The entire listing below should be output exactly as it stands.

**** Records shown

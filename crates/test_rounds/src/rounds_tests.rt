//! Rounds that overlap, lose replies and meet a remount, of a world and of a mount behind its frames.

use crate::daemon::{Daemon, Pair, Step, opened_mount, opened_world};
use crate::wanted::Said;
use eden_messages::{Cause, Outcome};
use std::alloc::Global;
use std::test::Fail;

/// A mirror is placed at 7/1, where no file stands.
pub(crate) const PLACED: &[Step] = &[
    Step::Begin,
    Step::Goes(Said::Basis(1, (7, 1), &[]), Outcome::Placed),
    Step::Holds(Some((7, 1)), &[]),
];

/// Then it gathers, in its second round, the file that was written behind it.
const GATHERING: &[Step] = &[
    Step::Write("p", "x"),
    Step::Begin,
    Step::Goes(Said::Created(2, (7, 2), "p"), Outcome::Taken),
    Step::Holds(Some((7, 1)), &[]),
];

/// Then it begins a third round before the second is over, and is placed by that one.
const OVERLAPPING: &[Step] = &[
    Step::Asks(&[Said::Content(2, (7, 2), "p", "x")]),
    Step::Write("p", "y"),
    Step::Begin,
    Step::Goes(Said::Created(3, (7, 3), "p"), Outcome::Taken),
    Step::Comes(Said::Content(2, (7, 2), "p", "x"), Outcome::Ignored),
    Step::Holds(Some((7, 1)), &[]),
    Step::Goes(Said::Content(3, (7, 3), "p", "y"), Outcome::Placed),
    Step::Holds(Some((7, 3)), &[("p", "y")]),
];

/// A mirror of a daemon goes through all the parts, one after the other.
fn plays<D: Daemon + Drop>(alloc: Global, daemon: D, parts: &[&[Step]]) -> Result<(), Fail> {
    let mut pair = Pair::new(alloc, daemon);
    pair.goes_through(parts)
}

/// Through all the parts, a world and a mount are followed alike.
fn followed(alloc: Global, parts: &[&[Step]]) -> Result<(), Fail> {
    plays(alloc, opened_world(alloc)?, parts)?;
    plays(alloc, opened_mount(alloc)?, parts)
}

#[test]
fn overlapping_rounds(rt: HostRuntime) -> Result<(), Fail> {
    followed(rt.alloc(), &[PLACED, GATHERING, OVERLAPPING])
}

// The reply to the first question is lost, and it is asked twice again.
#[test]
fn lost_and_repeated_fetch(rt: HostRuntime) -> Result<(), Fail> {
    let only = &[Said::Content(2, (7, 2), "p", "x")];
    let steps = [
        Step::Asks(only),
        Step::Asks(only),
        Step::Asks(only),
        Step::Comes(only[0], Outcome::Placed),
        Step::Comes(only[0], Outcome::Ignored),
        Step::Holds(Some((7, 2)), &[("p", "x")]),
    ];
    followed(rt.alloc(), &[PLACED, GATHERING, &steps])
}

#[test]
fn remount_in_a_round(rt: HostRuntime) -> Result<(), Fail> {
    let steps = [
        Step::Remount(8),
        Step::Write("q", "z"),
        Step::Goes(Said::Content(2, (8, 2), "p", "x"), Outcome::Ignored),
        Step::Holds(Some((7, 1)), &[]),
        Step::Begin,
        Step::Goes(Said::Refused(3, Cause::Stale(8)), Outcome::Unplaced),
        Step::Holds(None, &[]),
        Step::Begin,
        Step::Goes(Said::Basis(4, (8, 2), &["p", "q"]), Outcome::Taken),
        Step::Asks(&[
            Said::Content(4, (8, 2), "p", "x"),
            Said::Content(4, (8, 2), "q", "z"),
        ]),
        Step::Comes(Said::Content(4, (8, 2), "p", "x"), Outcome::Taken),
        Step::Comes(Said::Content(4, (8, 2), "q", "z"), Outcome::Placed),
        Step::Holds(Some((8, 2)), &[("p", "x"), ("q", "z")]),
    ];
    followed(rt.alloc(), &[PLACED, GATHERING, &steps])
}

#[test]
fn ended_and_refiltered(rt: HostRuntime) -> Result<(), Fail> {
    let ended = [
        Step::Begin,
        Step::Comes(Said::Refused(2, Cause::TooLarge), Outcome::Ended),
        Step::Holds(Some((7, 1)), &[]),
        Step::Asks(&[]),
        Step::Comes(Said::Refused(2, Cause::TooLarge), Outcome::Ignored),
    ];
    followed(rt.alloc(), &[PLACED, &ended])?;
    let refiltered = [
        Step::Refilter,
        Step::Holds(None, &[]),
        Step::Asks(&[]),
        Step::Begin,
        Step::Goes(Said::Basis(4, (7, 3), &["p"]), Outcome::Taken),
    ];
    followed(rt.alloc(), &[PLACED, GATHERING, OVERLAPPING, &refiltered])
}

// The floor is raised while the mirror gathers.
#[test]
fn truncated_in_a_round(rt: HostRuntime) -> Result<(), Fail> {
    let steps = [
        Step::Flush,
        Step::Goes(Said::Content(2, (7, 3), "p", "x"), Outcome::Placed),
        Step::Holds(Some((7, 2)), &[("p", "x")]),
        Step::Begin,
        Step::Goes(Said::Refused(3, Cause::Truncated(3)), Outcome::Unplaced),
        Step::Holds(None, &[("p", "x")]),
        Step::Begin,
        Step::Goes(Said::Basis(4, (7, 3), &["p"]), Outcome::Taken),
        Step::Holds(None, &[]),
        Step::Goes(Said::Content(4, (7, 3), "p", "x"), Outcome::Placed),
        Step::Holds(Some((7, 3)), &[("p", "x")]),
    ];
    followed(rt.alloc(), &[PLACED, GATHERING, &steps])
}

/// A mirror is placed at 7/3, and has two files below `d`.
const BELOW: &[Step] = &[
    Step::Write("d/x", "1"),
    Step::Write("d/y", "2"),
    Step::Begin,
    Step::Goes(Said::Basis(1, (7, 3), &["d/x", "d/y"]), Outcome::Taken),
    Step::Asks(&[
        Said::Content(1, (7, 3), "d/x", "1"),
        Said::Content(1, (7, 3), "d/y", "2"),
    ]),
    Step::Comes(Said::Content(1, (7, 3), "d/x", "1"), Outcome::Taken),
    Step::Comes(Said::Content(1, (7, 3), "d/y", "2"), Outcome::Placed),
    Step::Holds(Some((7, 3)), &[("d/x", "1"), ("d/y", "2")]),
];

// The directory is renamed: what stands below its old path and below its new one is listed, and fetched.
#[test]
fn mirror_lists_prefix(rt: HostRuntime) -> Result<(), Fail> {
    let steps = [
        Step::RenameDir("d", "e"),
        Step::Begin,
        Step::Goes(Said::Moved(2, (7, 4), &["d", "e"]), Outcome::Taken),
        Step::Asks(&[
            Said::Listed(2, (7, 4), "d", &[]),
            Said::Listed(2, (7, 4), "e", &["e/x", "e/y"]),
        ]),
        Step::Comes(Said::Listed(2, (7, 4), "d", &[]), Outcome::Taken),
        Step::Holds(Some((7, 3)), &[]),
        Step::Goes(
            Said::Listed(2, (7, 4), "e", &["e/x", "e/y"]),
            Outcome::Taken,
        ),
        Step::Asks(&[
            Said::Content(2, (7, 4), "e/x", "1"),
            Said::Content(2, (7, 4), "e/y", "2"),
        ]),
        Step::Comes(Said::Content(2, (7, 4), "e/x", "1"), Outcome::Taken),
        Step::Comes(Said::Content(2, (7, 4), "e/y", "2"), Outcome::Placed),
        Step::Holds(Some((7, 4)), &[("e/x", "1"), ("e/y", "2")]),
    ];
    followed(rt.alloc(), &[BELOW, &steps])
}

********

Answer space:
filename crates/test_rounds/src/rounds_tests.rt
//! Rounds that overlap, lose replies and meet a remount, of a world and of a mount behind its frames.

use crate::daemon::{Daemon, Pair, Step, opened_mount, opened_world};
use crate::wanted::Said;
use eden_messages::{Cause, Outcome};
use std::alloc::Global;
use std::test::Fail;

/// A mirror is placed at 7/1, where no file stands.
pub(crate) const PLACED: &[Step] = &[
    Step::Begin,
    Step::Goes(Said::Basis(1, (7, 1), &[]), Outcome::Placed),
    Step::Holds(Some((7, 1)), &[]),
];

/// Then it gathers, in its second round, the file that was written behind it.
const GATHERING: &[Step] = &[
    Step::Write("p", "x"),
    Step::Begin,
    Step::Goes(Said::Created(2, (7, 2), "p"), Outcome::Taken),
    Step::Holds(Some((7, 1)), &[]),
];

/// Then it begins a third round before the second is over, and is placed by that one.
const OVERLAPPING: &[Step] = &[
    Step::Asks(&[Said::Content(2, (7, 2), "p", "x")]),
    Step::Write("p", "y"),
    Step::Begin,
    Step::Goes(Said::Created(3, (7, 3), "p"), Outcome::Taken),
    Step::Comes(Said::Content(2, (7, 2), "p", "x"), Outcome::Ignored),
    Step::Holds(Some((7, 1)), &[]),
    Step::Goes(Said::Content(3, (7, 3), "p", "y"), Outcome::Placed),
    Step::Holds(Some((7, 3)), &[("p", "y")]),
];

/// A mirror of a daemon goes through all the parts, one after the other.
fn plays<D: Daemon + Drop>(alloc: Global, daemon: D, parts: &[&[Step]]) -> Result<(), Fail> {
    let mut pair = Pair::new(alloc, daemon);
    pair.goes_through(parts)
}

/// Through all the parts, a world and a mount are followed alike.
fn followed(alloc: Global, parts: &[&[Step]]) -> Result<(), Fail> {
    plays(alloc, opened_world(alloc)?, parts)?;
    plays(alloc, opened_mount(alloc)?, parts)
}

#[test]
fn overlapping_rounds(rt: HostRuntime) -> Result<(), Fail> {
    followed(rt.alloc(), &[PLACED, GATHERING, OVERLAPPING])
}

// The reply to the first question is lost, and it is asked twice again.
#[test]
fn lost_and_repeated_fetch(rt: HostRuntime) -> Result<(), Fail> {
    let only = &[Said::Content(2, (7, 2), "p", "x")];
    let steps = [
        Step::Asks(only),
        Step::Asks(only),
        Step::Asks(only),
        Step::Comes(only[0], Outcome::Placed),
        Step::Comes(only[0], Outcome::Ignored),
        Step::Holds(Some((7, 2)), &[("p", "x")]),
    ];
    followed(rt.alloc(), &[PLACED, GATHERING, &steps])
}

#[test]
fn remount_in_a_round(rt: HostRuntime) -> Result<(), Fail> {
    let steps = [
        Step::Remount(8),
        Step::Write("q", "z"),
        Step::Goes(Said::Content(2, (8, 2), "p", "x"), Outcome::Ignored),
        Step::Holds(Some((7, 1)), &[]),
        Step::Begin,
        Step::Goes(Said::Refused(3, Cause::Stale(8)), Outcome::Unplaced),
        Step::Holds(None, &[]),
        Step::Begin,
        Step::Goes(Said::Basis(4, (8, 2), &["p", "q"]), Outcome::Taken),
        Step::Asks(&[
            Said::Content(4, (8, 2), "p", "x"),
            Said::Content(4, (8, 2), "q", "z"),
        ]),
        Step::Comes(Said::Content(4, (8, 2), "p", "x"), Outcome::Taken),
        Step::Comes(Said::Content(4, (8, 2), "q", "z"), Outcome::Placed),
        Step::Holds(Some((8, 2)), &[("p", "x"), ("q", "z")]),
    ];
    followed(rt.alloc(), &[PLACED, GATHERING, &steps])
}

#[test]
fn ended_and_refiltered(rt: HostRuntime) -> Result<(), Fail> {
    let ended = [
        Step::Begin,
        Step::Comes(Said::Refused(2, Cause::TooLarge), Outcome::Ended),
        Step::Holds(Some((7, 1)), &[]),
        Step::Asks(&[]),
        Step::Comes(Said::Refused(2, Cause::TooLarge), Outcome::Ignored),
    ];
    followed(rt.alloc(), &[PLACED, &ended])?;
    let refiltered = [
        Step::Refilter,
        Step::Holds(None, &[]),
        Step::Asks(&[]),
        Step::Begin,
        Step::Goes(Said::Basis(4, (7, 3), &["p"]), Outcome::Taken),
    ];
    followed(rt.alloc(), &[PLACED, GATHERING, OVERLAPPING, &refiltered])
}

// The floor is raised while the mirror gathers.
#[test]
fn truncated_in_a_round(rt: HostRuntime) -> Result<(), Fail> {
    let steps = [
        Step::Flush,
        Step::Goes(Said::Content(2, (7, 3), "p", "x"), Outcome::Placed),
        Step::Holds(Some((7, 2)), &[("p", "x")]),
        Step::Begin,
        Step::Goes(Said::Refused(3, Cause::Truncated(3)), Outcome::Unplaced),
        Step::Holds(None, &[("p", "x")]),
        Step::Begin,
        Step::Goes(Said::Basis(4, (7, 3), &["p"]), Outcome::Taken),
        Step::Holds(None, &[]),
        Step::Goes(Said::Content(4, (7, 3), "p", "x"), Outcome::Placed),
        Step::Holds(Some((7, 3)), &[("p", "x")]),
    ];
    followed(rt.alloc(), &[PLACED, GATHERING, &steps])
}

/// A mirror is placed at 7/3, and has two files below `d`.
const BELOW: &[Step] = &[
    Step::Write("d/x", "1"),
    Step::Write("d/y", "2"),
    Step::Begin,
    Step::Goes(Said::Basis(1, (7, 3), &["d/x", "d/y"]), Outcome::Taken),
    Step::Asks(&[
        Said::Content(1, (7, 3), "d/x", "1"),
        Said::Content(1, (7, 3), "d/y", "2"),
    ]),
    Step::Comes(Said::Content(1, (7, 3), "d/x", "1"), Outcome::Taken),
    Step::Comes(Said::Content(1, (7, 3), "d/y", "2"), Outcome::Placed),
    Step::Holds(Some((7, 3)), &[("d/x", "1"), ("d/y", "2")]),
];

// The directory is renamed: what stands below its old path and below its new one is listed, and fetched.
#[test]
fn mirror_lists_prefix(rt: HostRuntime) -> Result<(), Fail> {
    let steps = [
        Step::RenameDir("d", "e"),
        Step::Begin,
        Step::Goes(Said::Moved(2, (7, 4), &["d", "e"]), Outcome::Taken),
        Step::Asks(&[
            Said::Listed(2, (7, 4), "d", &[]),
            Said::Listed(2, (7, 4), "e", &["e/x", "e/y"]),
        ]),
        Step::Comes(Said::Listed(2, (7, 4), "d", &[]), Outcome::Taken),
        Step::Holds(Some((7, 3)), &[]),
        Step::Goes(
            Said::Listed(2, (7, 4), "e", &["e/x", "e/y"]),
            Outcome::Taken,
        ),
        Step::Asks(&[
            Said::Content(2, (7, 4), "e/x", "1"),
            Said::Content(2, (7, 4), "e/y", "2"),
        ]),
        Step::Comes(Said::Content(2, (7, 4), "e/x", "1"), Outcome::Taken),
        Step::Comes(Said::Content(2, (7, 4), "e/y", "2"), Outcome::Placed),
        Step::Holds(Some((7, 4)), &[("e/x", "1"), ("e/y", "2")]),
    ];
    followed(rt.alloc(), &[BELOW, &steps])
}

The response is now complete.